/lambda_web_flyer

An experiment working with AWS API Gateway, AWS Lambda, and a rudimentary Python web scraper.

Primary LanguagePython

I use a spreadsheet to keep track of frequent flyer miles accrued over the course of the year. I have the distances between the most common origins and destinations, but I'm constantly going online to look up distances I don't know off-hand. I've found sources on line for calculating the distances, but they've often been slow, awkward, or otherwise clumsy to interface with. In order to make my life simpler, I decided to write a Python script to automate the query and scrape the results.

Carrying this a bit further, I thought it would be nice if the spreadsheet could interface with the web scraper directly. It would be overkill to turn the scraper into an always-on API, but it seemed like a good opportunity to experiment with some AWS services that facilitate the serverless craze. Specifically, it gave me an opportunity to play with Lambda and API Gateway.

The web scraper it self is called WebFlyer as it fetches data from the WebFlyer mileage calculator. Under the hood, the scraper depends on Requests to fetch the data and lxml to parse the results. (NB: This mileage calculator has a few quirks, such as rounding results to three significant digits, so results can vary from reality.)

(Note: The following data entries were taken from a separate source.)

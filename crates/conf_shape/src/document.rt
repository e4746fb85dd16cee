ghost use Rattle.std.specs.Prelude.{◌≡◌, None, IfOk, IfErr, OnOk};
ghost use Rattle.conf_shape.specs.Faults.{first_fault};
ghost use Rattle.conf_shape.specs.Raw.{raw_of};
ghost use Rattle.conf_shape.specs.Refused.{IsRefused};

use crate::faults::find_shape_fault;
use crate::raw::RawConf;
use crate::reads::{as_entries, entries_at, read_entries};
use crate::refused::ConfRefused;
use net_base::NoMemory;
use std::alloc::Global;
use yaml_tree::Tree;

fn read_raw(alloc: Global, tree: &Tree) -> Result<RawConf, NoMemory>
    ensures { IfOk result (λ raw. raw ≡ raw_of tree.now) }
{
    let pairs = as_entries(tree);
    Ok(RawConf {
        dps: read_entries(alloc, entries_at(pairs, "dps"))?,
        vlans: read_entries(alloc, entries_at(pairs, "vlans"))?,
        acls: read_entries(alloc, entries_at(pairs, "acls"))?,
        routers: read_entries(alloc, entries_at(pairs, "routers"))?,
    })
}

/// The raw configuration of a document of the right shape; its first fault, in the order of the
/// document, exactly where it has one.
pub fn shape(alloc: Global, tree: &Tree) -> Result<RawConf, ConfRefused>
    ensures right { OnOk result (first_fault tree.now ≡ None) }
    ensures raw { IfOk result (λ raw. raw ≡ raw_of tree.now) }
    ensures refused { IfErr result (IsRefused tree.now) }
{
    match find_shape_fault(alloc, tree) {
        Ok(None) => read_raw(alloc, tree).map_err(|_| ConfRefused::Memory),
        Ok(Some(fault)) => Err(ConfRefused::At(fault)),
        Err(_) => Err(ConfRefused::Memory),
    }
}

The file lambda_function.py contains the handler used to mediate between Lambda and API Gateway by converting API path parameters into arguments to WebFlyer.

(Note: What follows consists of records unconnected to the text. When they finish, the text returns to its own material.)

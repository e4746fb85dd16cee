ghost use Rattle.std.specs.Prelude.{◌≡◌, map, codes, IfOk};
ghost use Rattle.yaml_tree.specs.declared.tree.Pair.{Pair};
ghost use Rattle.yaml_tree.specs.declared.tree.Tree.{Tree};
ghost use Rattle.conf_shape.specs.Reads.{entries_at, text_at};
ghost use Rattle.conf_shape.specs.Sections.{key_text};
ghost use Rattle.conf_shape.specs.Raw.{is_given, acls_at, names_by, stack_end_of, port_flags, port_number, port_with, port_of_entry, drop_flags, datapath_id, stack_priority, lldp_interval, lldp, datapath_with, datapath_of_entry};

use crate::keys::key_text;
use crate::kinds::MapKind;
use crate::raw::{
    DropFlags, PortFlags, RawAclNames, RawDp, RawNames, RawPort, RawPorts, RawStackEnd,
};
use crate::reads::{
    Read, ReadEntry, as_entries, entries_at, flag_at, list_at, number_at, one_or_list_at,
    option_at, own_port_no, read_entries, text_at, u32_under, u64_under, value_at, words_at,
};
use conf_types::PortRef;
use net_base::{DpId, NoMemory, PortNo, Text};
use std::alloc::Global;
use yaml_tree::{Key, Pair, Tree};

const INTERFACE: MapKind = MapKind::Interface { number: None };

/// `acl_in` and `acls_in`.
pub fn read_acls(alloc: Global, pairs: &[Pair]) -> Result<RawAclNames, NoMemory>
    ensures { IfOk result (λ made. made ≡ acls_at pairs.now) }
{
    Ok(RawAclNames {
        one: option_at(alloc, pairs, "acl_in")?,
        list: option_at(alloc, pairs, "acls_in")?,
    })
}

fn text_or(
    alloc: Global,
    map: MapKind,
    pairs: &[Pair],
    name: &str,
    own: &str,
) -> Result<Text, NoMemory>
    ensures { IfOk result (λ made. made ≡ text_at map name.now own.now pairs.now) }
{
    Text::from_str(alloc, text_at(map, pairs, name, own))
}

/// What a map of this kind is called.
pub fn read_names(
    alloc: Global,
    map: MapKind,
    key: &Key,
    pairs: &[Pair],
) -> Result<RawNames, NoMemory>
    ensures { IfOk result (λ made. made ≡ names_by map (key_text key.now) pairs.now) }
{
    let key = key_text(alloc, key)?;
    let name = text_or(alloc, map, pairs, "name", key.as_str())?;
    let description = text_or(alloc, map, pairs, "description", name.as_str())?;
    Ok(RawNames {
        has_name: is_given(pairs, "name"),
        key,
        name,
        description,
    })
}

/// Whether a key is given.
pub fn is_given(pairs: &[Pair], name: &str) -> bool
    ensures { result ≡ is_given name.now pairs.now }
{
    value_at(pairs, name).is_some()
}

impl Read for RawStackEnd {
    ghost given_by = { stack_end_of };

    fn read(alloc: Global, tree: &Tree) -> Result<RawStackEnd, NoMemory> {
        let pairs = as_entries(tree);
        Ok(RawStackEnd {
            dp: Text::from_str(alloc, words_at(pairs, "dp"))?,
            port: match option_at(alloc, pairs, "port")? {
                Some(port) => port,
                None => PortRef::Name(Text::new(alloc)),
            },
        })
    }
}

fn port_flags(pairs: &[Pair]) -> PortFlags
    ensures { result ≡ port_flags pairs.now }
{
    PortFlags {
        enabled: flag_at(INTERFACE, pairs, "enabled"),
        unicast_flood: flag_at(INTERFACE, pairs, "unicast_flood"),
        opstatus_reconf: flag_at(INTERFACE, pairs, "opstatus_reconf"),
        output_only: flag_at(INTERFACE, pairs, "output_only"),
        hairpin: flag_at(INTERFACE, pairs, "hairpin"),
        permanent_learn: flag_at(INTERFACE, pairs, "permanent_learn"),
    }
}

/// The number of an interface; one without a number isn't accepted, whatever stands for it.
fn port_number(key: &Key, pairs: &[Pair]) -> PortNo
    ensures { result ≡ port_number key.now pairs.now }
{
    match own_port_no(key, value_at(pairs, "number")) {
        Some(no) => no,
        None => PortNo::new(1).unwrap(),
    }
}

fn read_port(alloc: Global, key: &Key, pairs: &[Pair]) -> Result<RawPort, NoMemory>
    ensures { IfOk result (λ made. made ≡ port_with key.now pairs.now) }
{
    Ok(RawPort {
        names: read_names(alloc, INTERFACE, key, pairs)?,
        has_number: is_given(pairs, "number"),
        no: port_number(key, pairs),
        flags: port_flags(pairs),
        native: option_at(alloc, pairs, "native_vlan")?,
        tagged: list_at(alloc, pairs, "tagged_vlans")?,
        acls: read_acls(alloc, pairs)?,
        max_hosts: number_at(INTERFACE, pairs, "max_hosts"),
        mirror: one_or_list_at(alloc, pairs, "mirror")?,
        stack: option_at(alloc, pairs, "stack")?,
    })
}

impl ReadEntry for RawPort {
    ghost given_by = { port_of_entry };

    fn read(alloc: Global, pair: &Pair) -> Result<RawPort, NoMemory> {
        read_port(alloc, &pair.key, as_entries(&pair.value))
    }
}

fn drop_flags(pairs: &[Pair]) -> DropFlags
    ensures { result ≡ drop_flags pairs.now }
{
    DropFlags {
        spoofed: flag_at(MapKind::Datapath, pairs, "drop_spoofed_faucet_mac"),
        broadcast: flag_at(MapKind::Datapath, pairs, "drop_broadcast_source_address"),
        bpdu: flag_at(MapKind::Datapath, pairs, "drop_bpdu"),
        lldp: flag_at(MapKind::Datapath, pairs, "drop_lldp"),
    }
}

/// The identifier of a datapath; one without isn't accepted, whatever stands for it.
fn datapath_id(pairs: &[Pair]) -> DpId
    ensures { result ≡ datapath_id pairs.now }
{
    DpId(u64_under(pairs, "dp_id").unwrap_or(0))
}

fn stack_priority(pairs: &[Pair]) -> Option<u32>
    ensures { result ≡ stack_priority pairs.now }
{
    u32_under(entries_at(pairs, "stack"), "priority")
}

fn lldp_interval(tree: &Tree) -> u32
    ensures { result ≡ lldp_interval tree.now }
{
    number_at(MapKind::LldpBeacon, as_entries(tree), "send_interval")
}

fn lldp(pairs: &[Pair]) -> Option<u32>
    ensures { result ≡ lldp pairs.now }
{
    match value_at(pairs, "lldp_beacon") {
        Some(tree) => Some(lldp_interval(tree)),
        None => None,
    }
}

fn read_ports(alloc: Global, pairs: &[Pair]) -> Result<RawPorts, NoMemory>
    ensures { IfOk result (λ made. made ≡ map port_of_entry (entries_at (codes "interfaces") pairs.now)) }
{
    read_entries(alloc, entries_at(pairs, "interfaces"))
}

fn read_datapath(alloc: Global, key: &Key, pairs: &[Pair]) -> Result<RawDp, NoMemory>
    ensures { IfOk result (λ made. made ≡ datapath_with key.now pairs.now) }
{
    let map = MapKind::Datapath;
    Ok(RawDp {
        names: read_names(alloc, map, key, pairs)?,
        id: datapath_id(pairs),
        hardware: text_or(alloc, map, pairs, "hardware", "")?,
        timeout: number_at(map, pairs, "timeout"),
        arp_timeout: number_at(map, pairs, "arp_neighbor_timeout"),
        stack_priority: stack_priority(pairs),
        lldp: lldp(pairs),
        drops: drop_flags(pairs),
        ports: read_ports(alloc, pairs)?,
    })
}

impl ReadEntry for RawDp {
    ghost given_by = { datapath_of_entry };

    fn read(alloc: Global, pair: &Pair) -> Result<RawDp, NoMemory> {
        read_datapath(alloc, &pair.key, as_entries(&pair.value))
    }
}
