ghost use Rattle.std.specs.Prelude.{◌≡◌, unwrap_or, IfOk};
ghost use Rattle.yaml_tree.specs.declared.tree.Pair.{Pair};
ghost use Rattle.yaml_tree.specs.declared.tree.Tree.{Tree};
ghost use Rattle.conf_shape.specs.Reads.{number_under};
ghost use Rattle.conf_shape.specs.Raw.{bgp_with, bgp_of, router_with, router_of_entry};

use crate::keys::key_text;
use crate::raw::{RawBgp, RawRouter, VlanRef};
use crate::reads::{Read, ReadEntry, as_entries, list_at, option_at, u16_under, words_at};
use crate::values::identifier_of;
use net_base::{NoMemory, Text};
use std::alloc::Global;
use yaml_tree::{Key, Pair, Tree};

/// The number of an autonomous system under a key; a peer without one isn't accepted, whatever stands
/// for it.
fn as_at(pairs: &[Pair], name: &str) -> u16
    ensures { result ≡ unwrap_or (number_under 16 name.now pairs.now) 0 }
{
    u16_under(pairs, name).unwrap_or(0)
}

fn read_bgp(alloc: Global, pairs: &[Pair]) -> Result<RawBgp, NoMemory>
    ensures { IfOk result (λ made. made ≡ bgp_with pairs.now) }
{
    Ok(RawBgp {
        our_as: as_at(pairs, "as"),
        neighbor_as: as_at(pairs, "neighbor_as"),
        routerid: identifier_of(words_at(pairs, "routerid")),
        vlan: match option_at(alloc, pairs, "vlan")? {
            Some(vlan) => vlan,
            None => VlanRef::Name(Text::new(alloc)),
        },
    })
}

impl Read for RawBgp {
    ghost given_by = { bgp_of };

    fn read(alloc: Global, tree: &Tree) -> Result<RawBgp, NoMemory> {
        read_bgp(alloc, as_entries(tree))
    }
}

fn read_router(alloc: Global, key: &Key, pairs: &[Pair]) -> Result<RawRouter, NoMemory>
    ensures { IfOk result (λ made. made ≡ router_with key.now pairs.now) }
{
    Ok(RawRouter {
        name: key_text(alloc, key)?,
        vlans: list_at(alloc, pairs, "vlans")?,
        bgp: option_at(alloc, pairs, "bgp")?,
    })
}

impl ReadEntry for RawRouter {
    ghost given_by = { router_of_entry };

    fn read(alloc: Global, pair: &Pair) -> Result<RawRouter, NoMemory> {
        read_router(alloc, &pair.key, as_entries(&pair.value))
    }
}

Because the scraper depends on extra libraries that are not part of the standard library available to Lambda functions written in Python, these dependencies must be packaged up with the actual code and uploaded to AWS as a ZIP file. To rebuild the ZIP file run the following:

$ zip -f -r get_mileage.zip lambda_function.py web_flyer.py chardet certifi idna urllib3 requests lxml -x */__pycache__/ *.pyc

To upload the code to Lambda:

$ aws lambda update-function-code --function-name get_mileage --zip-file fileb://get_mileage.zip

(TODO: Describe API Gateway integration.)